• _What is needed_: Show every line from the data below that includes "AboveOk".

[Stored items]
Content starts
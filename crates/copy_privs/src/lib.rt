//! The structured privileges under which a copy between servers is allowed (RFC 7862 section 4.10, carried by
//! contexts of RFC 7861).
//!
//! A [`Privilege`] is read and written by its name: `specs/Forms.antt` is the table of names and forms.
//! [`confirm_matches`] tells whether a code confirms a secret. What a server decides in CREATE is a definition
//! over plain lists, `specs/Create.antt`: [`refuse_from`], [`refuse_to`] and [`refuse_confirm`] compute it,
//! and the source and the destination cite it. The contract to read first is that of [`read_privilege`].
#![tactic(auto)]

mod confirm;
mod create;
mod fault;
mod peer;
mod privilege;

pub use confirm::confirm_matches;
pub use create::{Confirming, refuse_confirm, refuse_from, refuse_to};
pub use fault::PrivFault;
pub use nfs_base::{Cause, PrivCause};
pub use peer::{Peer, is_peer, location_of};
pub use privilege::{Privilege, read_privilege, write_privilege};
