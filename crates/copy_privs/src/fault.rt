/// Why bytes are no privilege of a name.
#[derive(Clone, Copy, PartialEq, Eq)]
pub enum PrivFault {
    /// No privilege of a copy has the name.
    UnknownName,

    /// The bytes spell no privilege of that name; the first item that is refused stands at this place.
    BadXdr { at: usize },
}
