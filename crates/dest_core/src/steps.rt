//! The steps of a destination besides those of every server.

ghost use Rattle.std.specs.Prelude.{◌≡◌, ◌≤◌, ◌<◌, ◌+◌, [], false, true, length, vec_capacity, IfOk, OnErr};
ghost use Rattle.dest_core.specs.Core.{leases_ended};
ghost use Rattle.dest_core.specs.Landing.{copies_in, landed_by, LandsTold};
ghost use Rattle.dest_core.specs.Serving.{given};
ghost use Rattle.dest_core.specs.Stepping.{answer_step, failure_step, finished, around_in, is_undrawn, put_copier, second_in, tick_step, turn_step, reply_step, without_lapsed, IsRecord, IsReply, IsWork};
ghost use Rattle.block_file.specs.Opened.{SameOpening};
ghost use Rattle.dest_jobs.specs.Counting.{KeepsLanded, Lands};
ghost use Rattle.dest_steps.specs.Failing.{failing};
ghost use Rattle.dest_steps.specs.Landing.{doing_of, Does};
ghost use Rattle.dest_steps.specs.Hearing.{heard_client};
ghost use Rattle.dest_steps.specs.Replying.{effect_done, IsHeard};
ghost use Rattle.dest_steps.specs.Sending.{EffectMaySend, FailingMaySend, TurnMaySend};
ghost use Rattle.dest_steps.specs.Ticking.{again};
ghost use Rattle.dest_steps.specs.Turning.{IsTurnOf};
ghost use Rattle.dest_steps.specs.Working.{turn_made};
ghost use Rattle.dest_steps.specs.declared.turning.Turn.TheVariants as turns;
ghost use Rattle.dest_tasks.specs.declared.workers.TheConstants.{WORKERS};
ghost use Rattle.nfs_base.specs.declared.limits.TheConstants.{MOST_JOBS};
ghost use Rattle.outbox.specs.Counting.{landed_in, records_to};
ghost use Rattle.outcome.specs.Causes.{Rose};
ghost use Rattle.server_volume.specs.Choices.{Agrees, Choice};
ghost use Rattle.server_volume.specs.Moments.{Counted};
ghost use Rattle.server_volume.specs.Store.{seat_of, store_of};
ghost use Rattle.session_server.specs.Host.{host_of, stepped_of, IsCounted};
ghost use Rattle.session_server.specs.Lengths.{AreShort};
ghost use Rattle.session_server.specs.declared.host.TheConstants.{MOST_STEPS};

use crate::destination::Destination;
use compound_server::Server;
use dest_back::Hearing;
use dest_jobs::{Carried, Whose};
use dest_steps::{
    Again, Effect, Failing, Heard, Here, Turn, take_again, take_effect, take_failing, take_hearing,
    take_turn,
};
use disk_model::Disk;
use file_server::Files;
use gss_mech::Mechanism;
use nfs_base::{Seal, Stop};
use outbox::{CallList, NoteList, Outbox, Outgoing};
use outcome::Mem;
use rpc_calls::Judged;
use session_server::{Extending, Host};
use std::alloc::Global;
use std::marker::Model;
use streams::Draws;
use wire_xdr::Items;

/// The memory of a step's outbox, for one record that goes out.
#[derive(Drop)]
pub(crate) struct Room {
    sent: Vec<Outgoing>,
    notes: NoteList,
    used: CallList,
}

impl Model for Room {
    ghost use Rattle.std.specs.Prelude.{◌≡◌, ◌≤◌, [], vec_capacity};

    ghost Value = { Unit {0} };

    ghost view = { λ r. tt };

    ghost invariant = { λ r. (r.sent.items ≡ []) × (1 ≤ vec_capacity r.sent) × (r.notes ≡ []) × (r.used ≡ []) };
}

impl Room {
    fn new(alloc: Global) -> Mem<Room> {
        Ok(Room {
            sent: Vec::with_capacity(alloc, 1)?,
            notes: NoteList::new(alloc)?,
            used: CallList::new(alloc)?,
        })
    }
}

/// A worker's turn, once the leases have ended: one step.
pub(crate) fn work<D: Disk, M: Mechanism, W: Draws>(
    host: &mut Host<D, Destination<M>, Carried>,
    alloc: Global,
    place: u32,
    now: u64,
    draws: &mut W,
) -> Mem<Outbox>
    requires few { host.old.steps < MOST_STEPS }
    requires counted { IsCounted given host.old }
    requires silent { (copies_in host.old).told ≡ [] }
    requires place { place < WORKERS }
    ensures is { D.Told → IfOk result (λ out. IsWork W.gives (M.started host.old.server.files.extra.mech) (record { mic = M.mic_of; derived = M.derived }) place now (host_of D.size host.old) draws.old draws.new (stepped_of D.size host.new out)) }
    ensures ran { IfOk result (λ out. Counted D.Told (seat_of D.size D.fuse D.timeline D.faults host.old.server.files.volume) (seat_of D.size D.fuse D.timeline D.faults host.new.server.files.volume) [] out.used) }
    ensures once { IfOk result (λ out. length out.used ≤ 1) }
    ensures undrawn { IfOk result (λ out. out.undrawn ≡ true → Rose (W.faults draws.old) (W.faults draws.new)) }
    ensures short { IfOk result (λ out. AreShort out.sent) }
    ensures err { OnErr result (host.new ≡ host.old) }
    ensures steps { IfOk result (λ _. host.new.steps ≡ host.old.steps + 1) }
    ensures counted { IsCounted given host.new }
    ensures later { W.faults draws.old ≤ W.faults draws.new }
    ensures failing { W.failing draws.new ≡ W.failing draws.old }
    ensures lands { IfOk result (λ out. LandsTold (landed_by host.old) (landed_by host.new) out.notes) }
    ensures one { IfOk result (λ out. records_to (place + 1) out.sent ≤ 1) }
    ensures silent { (copies_in host.new).told ≡ [] }
{
    let room = Room::new(alloc)?;
    let second = host.second_at(now);
    let turn = turn_due(&mut host.server, alloc, place, second, draws)?;
    Ok(make_turn(host, place, now, turn, room))
}
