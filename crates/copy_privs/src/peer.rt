ghost use Rattle.std.specs.Prelude.{◌≡◌, option_copied};
ghost use Rattle.copy_privs.specs.Create.{is_peer, is_location, location_of};

use nfs_base::NetLoc;
use wire_xdr::Octets;

/// Another server of the realm: its principal, and where it is found.
#[derive(Drop)]
pub struct Peer {
    pub principal: Octets,
    pub loc: NetLoc,
}

/// The location of a principal among some servers. None exactly where none of them has it.
pub fn location_of<'a>(peers: &'a [Peer], principal: &[u8]) -> Option<&'a NetLoc>
    ensures { option_copied result ≡ location_of peers.now principal.now }
{
    let peer = peers.iter().find(|p| p.principal.as_slice() == principal)?;
    Some(&peer.loc)
}

/// Whether one of some servers has this principal and is found there.
pub fn is_peer(peers: &[Peer], principal: &[u8], loc: &NetLoc) -> bool
    ensures { result ≡ is_peer peers.now principal.now loc.now }
{
    peers.iter().any(|p| p.principal.as_slice() == principal && p.loc.is_same(loc))
}

/// Whether one of some servers is found there.
pub(crate) fn is_location(peers: &[Peer], loc: &NetLoc) -> bool
    ensures { result ≡ is_location peers.now loc.now }
{
    peers.iter().any(|p| p.loc.is_same(loc))
}
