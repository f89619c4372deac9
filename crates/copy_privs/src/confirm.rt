ghost use Rattle.std.specs.Prelude.{◌≡◌, ◌↔◌, true, length};
ghost use Rattle.copy_privs.specs.Create.{confirms};

use gss_mech::{INITIATOR, Mechanism};

/// Whether a code is the initiator's code of a secret under a key, which is that of the confirming context's
/// parent. A shorter or longer code is none. It takes no memory.
pub fn confirm_matches<M: Mechanism>(mic: &[u8], secret: &[u8], key: &[u8; 32], mech: &M) -> bool
    ensures told { result ≡ confirms M.mic_of mic.now secret.now key.now }
    ensures matches { (result ≡ true) ↔ (mic.now ≡ M.mic_of key.now INITIATOR secret.now) }
    ensures whole { result ≡ true → length mic.now ≡ 32 }
{
    mic == mech.mic(key, INITIATOR, secret).as_slice()
}
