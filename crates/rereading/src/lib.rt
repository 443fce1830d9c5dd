// Re-reading after an edit: the records up to the cut stay as they are, and the reading goes on behind it.

#![tactic(auto)]

ghost use Rattle.std.specs.Prelude.{◌≡◌, ◌+◌, ◌-◌, ◌<◌, ◌≤◌, length, IfSome};
ghost use Rattle.records.specs.Records.{room};
ghost use Rattle.answers.specs.Answers.{told};
ghost use Rattle.reading.specs.Promises.{Finished};
ghost use Rattle.rereading.specs.Rereads.{is_cut, run_length, indent_in, effect_of, ends_line, edit_refusal, reread_plan, reread_answer, reread_row};
ghost use Rattle.rereading.specs.Promises.{outcome, CutOf, KeptOk, Rebuilt, above_cut, AboveOk};

use answers::{Answer, Refusal};
use indentation::{Level, MOST_LEVELS};
use records::Slot;
use token::Record;

// What a sound kept record does to the levels.
#[derive(Clone, Copy)]
pub enum Effect {
    Opens(Level),
    Closes,
    Stays,
}

// The levels that are open behind kept records, and how many they are.
#[derive(Clone, Copy)]
pub struct Open {
    pub levels: [Level; MOST_LEVELS],
    pub depth: usize,
}

// Whether a record is a Newline that ends below a.
#[tactic(auto, using(choice::proofs::Laws::tests), unfolding(crate::specs::Rereads::is_cut))]
fn is_cut(r: Record, a: usize) -> bool
    ensures { result ≡ is_cut a r }
{
    r.kind == token::NEWLINE && (r.end as usize) < a
}

// The cut of the first records of what is lent: the index of the last of them that is one.
fn cut_in<T: Slot>(row: &[T], old: usize, a: usize) -> Option<usize>
    requires { old ≤ room (T.numbers row.now) }
    ensures { CutOf (T.numbers row.now) a old result }
{
    for i in (0..old).rev() {
        if is_cut(records::record_at(row, i), a) {
            return Some(i);
        }
    }
    None
}

// The end of the run of a byte from i on, below `to`.
fn run_end(s: &[u8], i: usize, to: usize, b: u8) -> usize
    requires low { i ≤ to }
    requires high { to ≤ length s.now }
    ensures value { result ≡ i + run_length s.now b i (to - i) }
    ensures within { result ≤ to }
{
    for j in i..to {
        if s[j] != b {
            return j;
        }
    }
    to
}

// A kept Indent: tabs, then spaces.
fn indent_in(s: &[u8], depth: usize, from: usize, to: usize) -> Option<Effect>
    requires low { from ≤ to }
    requires high { to ≤ length s.now }
    ensures { result ≡ indent_in s.now depth from to }
{
    let after = run_end(s, from, to, b'\t');
    let last = run_end(s, after, to, b' ');
    if from == to || last != to || indentation::MOST_LEVELS <= depth {
        return None;
    }
    Some(Effect::Opens(Level {
        tabs: after - from,
        spaces: last - after,
    }))
}

// A kept record, the cut's end being e; none if it is unsound. Its places are any numbers: they are tested before bytes are read.
#[tactic(auto, using(choice::proofs::Laws::tests), unfolding(crate::specs::Rereads::effect_of))]
fn effect_of(s: &[u8], e: usize, depth: usize, r: Record) -> Option<Effect>
    requires { e ≤ length s.now }
    ensures { result ≡ effect_of s.now e depth r }
{
    let from = r.start as usize;
    let to = r.end as usize;
    if to < from || e < to {
        return None;
    }
    match r.kind {
        token::INDENT => indent_in(s, depth, from, to),
        token::DEDENT if depth == 0 => None,
        token::DEDENT => Some(Effect::Closes),
        _ => Some(Effect::Stays),
    }
}

// The levels after the first k records; none if one of them is unsound.
fn rebuilt<T: Slot>(s: &[u8], e: usize, row: &[T], k: usize) -> Option<Open>
    requires { KeptOk s.now e (T.numbers row.now) k }
    ensures { Rebuilt s.now e (T.numbers row.now) k result }
{
    let mut levels = reading::no_levels();
    let mut depth = 0;
    for i in 0..k {
        match effect_of(s, e, depth, records::record_at(row, i))? {
            Effect::Opens(level) => {
                levels[depth] = level;
                depth += 1;
            }
            Effect::Closes => depth -= 1,
            Effect::Stays => {}
        }
    }
    Some(Open { levels, depth })
}

// Whether a line ends at e: after an LF, or after a CR with no LF at e.
#[tactic(auto, using(choice::proofs::Laws::tests), unfolding(crate::specs::Rereads::ends_line, lines::specs::Lines::is_line_end))]
fn ends_line(s: &[u8], e: usize) -> bool
    requires { e < length s.now }
    ensures { result ≡ ends_line s.now e }
{
    if e == 0 {
        return false;
    }
    let last = s[e - 1];
    last == b'\n' || last == b'\r' && s[e] != b'\n'
}

// How many lines stand above a cut's end; none unless a line ends there and the cut's own line is right.
#[tactic(auto, using(choice::proofs::Laws::tests), unfolding(crate::specs::Promises::above_cut, crate::specs::Rereads::has_its_line))]
fn above_cut(s: &[u8], cut: Record) -> Option<usize>
    requires { AboveOk s.now cut }
    ensures { result ≡ above_cut s.now cut }
{
    let start = cut.start as usize;
    let line = cut.line as usize;
    let end = cut.end as usize;
    if !ends_line(s, end) || line != lines::line_at(s, start) {
        return None;
    }
    Some(lines::line_from(s, start, line, end))
}

// Code 5.
#[tactic(auto, using(choice::proofs::Laws::tests), unfolding(crate::specs::Rereads::edit_refusal))]
fn edit_refusal(text: usize, list: usize, old: usize, a: usize) -> Result<(), Refusal>
    ensures { told result ≡ edit_refusal text list old a }
{
    if answers::is_above(list, old) || records::MOST_RECORDS < old || text < a {
        return Err(Refusal::WrongEdit);
    }
    Ok(())
}

// The re-reading, where codes 1 to 3, 5 and 6, in this order, do not refuse it. Without a cut the text is read whole; kept records must
// be sound, a line end with them, and the cut's line be right.
fn unless_refused<T: Slot>(
    s: &[u8],
    mode: u32,
    row: &mut [T],
    old: usize,
    a: usize,
) -> Result<Answer, Refusal>
    ensures { Finished s.now (T.numbers row.old) (T.numbers row.new) 0 (reread_plan s.now mode (T.numbers row.old) old a) (outcome result) }
{
    reading::text_refusal(s, mode, 0)?;
    edit_refusal(s.len(), T::room(row), old, a)?;
    let Some(last) = cut_in(row, old, a) else {
        return Ok(reading::read_whole(s, row, mode, 0));
    };
    let cut = records::record_at(row, last);
    let above = above_cut(s, cut).ok_or(Refusal::Unsound)?;
    let end = cut.end as usize;
    let kept = last + 1;
    let open = rebuilt(s, end, row, kept).ok_or(Refusal::Unsound)?;
    let full = reading::asked_by(mode).full;
    Ok(reading::finish(
        s,
        full,
        row,
        0,
        open.levels,
        open.depth,
        end,
        above,
        kept,
        true,
    ))
}

// Reads a text again, after an edit that left its first a bytes as they were when the first `old` records of what is lent were read.
pub fn reread_into<T: Slot>(s: &[u8], mode: u32, row: &mut [T], old: usize, a: usize) -> Answer
    ensures answer { result ≡ reread_answer s.now mode (T.numbers row.old) old a }
    ensures records { T.numbers row.new ≡ reread_row s.now mode (T.numbers row.old) old a }
{
    match unless_refused(s, mode, row, old, a) {
        Ok(answer) => answer,
        Err(refusal) => refusal.into(),
    }
}

// The first door: a row. The theorems on edits speak of this contract.
pub fn reread(s: &[u8], mode: u32, row: &mut [u32], old: usize, a: usize) -> Answer
    ensures answer { result ≡ reread_answer s.now mode row.old old a }
    ensures records { row.new ≡ reread_row s.now mode row.old old a }
{
    reread_into(s, mode, row, old, a)
}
Content ends
• _Response area_:
ghost use Rattle.rereading.specs.Promises.{outcome, CutOf, KeptOk, Rebuilt, above_cut, AboveOk};
    requires { AboveOk s.now cut }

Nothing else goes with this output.